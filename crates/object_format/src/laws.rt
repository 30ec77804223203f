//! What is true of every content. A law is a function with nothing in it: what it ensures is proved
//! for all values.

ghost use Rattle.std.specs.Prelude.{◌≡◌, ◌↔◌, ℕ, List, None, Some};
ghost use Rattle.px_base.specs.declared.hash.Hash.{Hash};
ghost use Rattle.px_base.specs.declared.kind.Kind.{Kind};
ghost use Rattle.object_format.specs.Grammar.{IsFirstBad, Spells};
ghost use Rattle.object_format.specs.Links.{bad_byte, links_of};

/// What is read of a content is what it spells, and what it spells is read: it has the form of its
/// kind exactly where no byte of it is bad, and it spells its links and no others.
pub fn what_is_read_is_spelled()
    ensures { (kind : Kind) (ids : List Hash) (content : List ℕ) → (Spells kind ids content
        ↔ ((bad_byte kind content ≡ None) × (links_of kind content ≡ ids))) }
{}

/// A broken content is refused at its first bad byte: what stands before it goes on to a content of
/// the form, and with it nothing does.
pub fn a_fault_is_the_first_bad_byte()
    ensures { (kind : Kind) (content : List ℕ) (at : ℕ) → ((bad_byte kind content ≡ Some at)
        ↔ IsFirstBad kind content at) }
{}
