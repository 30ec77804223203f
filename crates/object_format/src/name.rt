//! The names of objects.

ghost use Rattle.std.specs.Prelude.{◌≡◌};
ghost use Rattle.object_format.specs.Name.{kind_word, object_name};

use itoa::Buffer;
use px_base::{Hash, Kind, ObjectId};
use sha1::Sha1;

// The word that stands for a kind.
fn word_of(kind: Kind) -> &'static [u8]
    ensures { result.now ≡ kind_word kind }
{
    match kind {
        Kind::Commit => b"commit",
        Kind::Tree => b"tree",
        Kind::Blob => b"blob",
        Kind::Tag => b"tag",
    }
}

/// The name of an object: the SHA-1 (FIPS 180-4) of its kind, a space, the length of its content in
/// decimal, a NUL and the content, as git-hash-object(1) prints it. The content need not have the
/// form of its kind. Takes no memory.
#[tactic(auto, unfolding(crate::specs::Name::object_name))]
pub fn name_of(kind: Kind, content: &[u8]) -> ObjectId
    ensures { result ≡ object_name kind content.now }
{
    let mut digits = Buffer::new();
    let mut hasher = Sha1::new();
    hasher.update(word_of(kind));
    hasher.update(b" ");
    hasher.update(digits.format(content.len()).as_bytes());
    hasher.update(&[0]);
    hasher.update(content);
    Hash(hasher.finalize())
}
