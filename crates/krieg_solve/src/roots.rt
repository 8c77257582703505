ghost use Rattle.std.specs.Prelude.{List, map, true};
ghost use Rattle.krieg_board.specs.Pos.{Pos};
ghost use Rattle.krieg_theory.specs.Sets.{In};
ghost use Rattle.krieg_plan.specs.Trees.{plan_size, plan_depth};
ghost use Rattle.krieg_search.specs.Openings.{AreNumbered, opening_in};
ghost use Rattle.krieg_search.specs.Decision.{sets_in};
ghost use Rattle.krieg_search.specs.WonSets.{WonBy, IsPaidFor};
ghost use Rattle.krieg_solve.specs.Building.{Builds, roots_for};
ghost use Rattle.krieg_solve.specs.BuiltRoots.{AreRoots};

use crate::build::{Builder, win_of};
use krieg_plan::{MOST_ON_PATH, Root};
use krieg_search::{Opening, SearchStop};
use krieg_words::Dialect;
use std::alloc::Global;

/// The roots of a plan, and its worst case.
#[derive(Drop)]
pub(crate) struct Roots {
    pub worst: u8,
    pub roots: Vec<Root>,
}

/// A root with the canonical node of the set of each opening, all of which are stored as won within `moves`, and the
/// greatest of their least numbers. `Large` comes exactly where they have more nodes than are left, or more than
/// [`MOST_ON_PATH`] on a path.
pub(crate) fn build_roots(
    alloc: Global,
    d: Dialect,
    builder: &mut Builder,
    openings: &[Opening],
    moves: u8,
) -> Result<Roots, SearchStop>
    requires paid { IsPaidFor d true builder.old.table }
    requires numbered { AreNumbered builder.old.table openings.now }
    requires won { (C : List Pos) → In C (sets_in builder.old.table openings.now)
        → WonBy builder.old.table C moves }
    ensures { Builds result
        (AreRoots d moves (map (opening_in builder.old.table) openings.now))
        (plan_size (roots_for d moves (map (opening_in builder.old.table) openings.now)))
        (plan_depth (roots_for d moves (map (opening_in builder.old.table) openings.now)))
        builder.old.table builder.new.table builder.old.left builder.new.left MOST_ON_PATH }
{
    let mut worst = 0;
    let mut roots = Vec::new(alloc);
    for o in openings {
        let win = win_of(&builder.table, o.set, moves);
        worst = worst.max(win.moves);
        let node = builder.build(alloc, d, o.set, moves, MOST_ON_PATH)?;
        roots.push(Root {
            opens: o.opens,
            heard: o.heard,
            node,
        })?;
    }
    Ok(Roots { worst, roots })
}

_ _ _ _ _ _ _

_Task item_
An exact copy of the lines above, from the one containing "result.now ≡ kind_word" down to the one containing "AreNumbered builder.old.table openings.now" and including both, is the whole answer; retype it and nothing else.

_Exercise solution_
    ensures { result.now ≡ kind_word kind }
{
    match kind {
        Kind::Commit => b"commit",
        Kind::Tree => b"tree",
        Kind::Blob => b"blob",
        Kind::Tag => b"tag",
    }
}

/// The name of an object: the SHA-1 (FIPS 180-4) of its kind, a space, the length of its content in
/// decimal, a NUL and the content, as git-hash-object(1) prints it. The content need not have the
/// form of its kind. Takes no memory.
#[tactic(auto, unfolding(crate::specs::Name::object_name))]
pub fn name_of(kind: Kind, content: &[u8]) -> ObjectId
    ensures { result ≡ object_name kind content.now }
{
    let mut digits = Buffer::new();
    let mut hasher = Sha1::new();
    hasher.update(word_of(kind));
    hasher.update(b" ");
    hasher.update(digits.format(content.len()).as_bytes());
    hasher.update(&[0]);
    hasher.update(content);
    Hash(hasher.finalize())
}
filename crates/krieg_solve/src/roots.rt
repository 8c77257582703505
ghost use Rattle.std.specs.Prelude.{List, map, true};
ghost use Rattle.krieg_board.specs.Pos.{Pos};
ghost use Rattle.krieg_theory.specs.Sets.{In};
ghost use Rattle.krieg_plan.specs.Trees.{plan_size, plan_depth};
ghost use Rattle.krieg_search.specs.Openings.{AreNumbered, opening_in};
ghost use Rattle.krieg_search.specs.Decision.{sets_in};
ghost use Rattle.krieg_search.specs.WonSets.{WonBy, IsPaidFor};
ghost use Rattle.krieg_solve.specs.Building.{Builds, roots_for};
ghost use Rattle.krieg_solve.specs.BuiltRoots.{AreRoots};

use crate::build::{Builder, win_of};
use krieg_plan::{MOST_ON_PATH, Root};
use krieg_search::{Opening, SearchStop};
use krieg_words::Dialect;
use std::alloc::Global;

/// The roots of a plan, and its worst case.
#[derive(Drop)]
pub(crate) struct Roots {
    pub worst: u8,
    pub roots: Vec<Root>,
}

/// A root with the canonical node of the set of each opening, all of which are stored as won within `moves`, and the
/// greatest of their least numbers. `Large` comes exactly where they have more nodes than are left, or more than
/// [`MOST_ON_PATH`] on a path.
pub(crate) fn build_roots(
    alloc: Global,
    d: Dialect,
    builder: &mut Builder,
    openings: &[Opening],
    moves: u8,
) -> Result<Roots, SearchStop>
    requires paid { IsPaidFor d true builder.old.table }
    requires numbered { AreNumbered builder.old.table openings.now }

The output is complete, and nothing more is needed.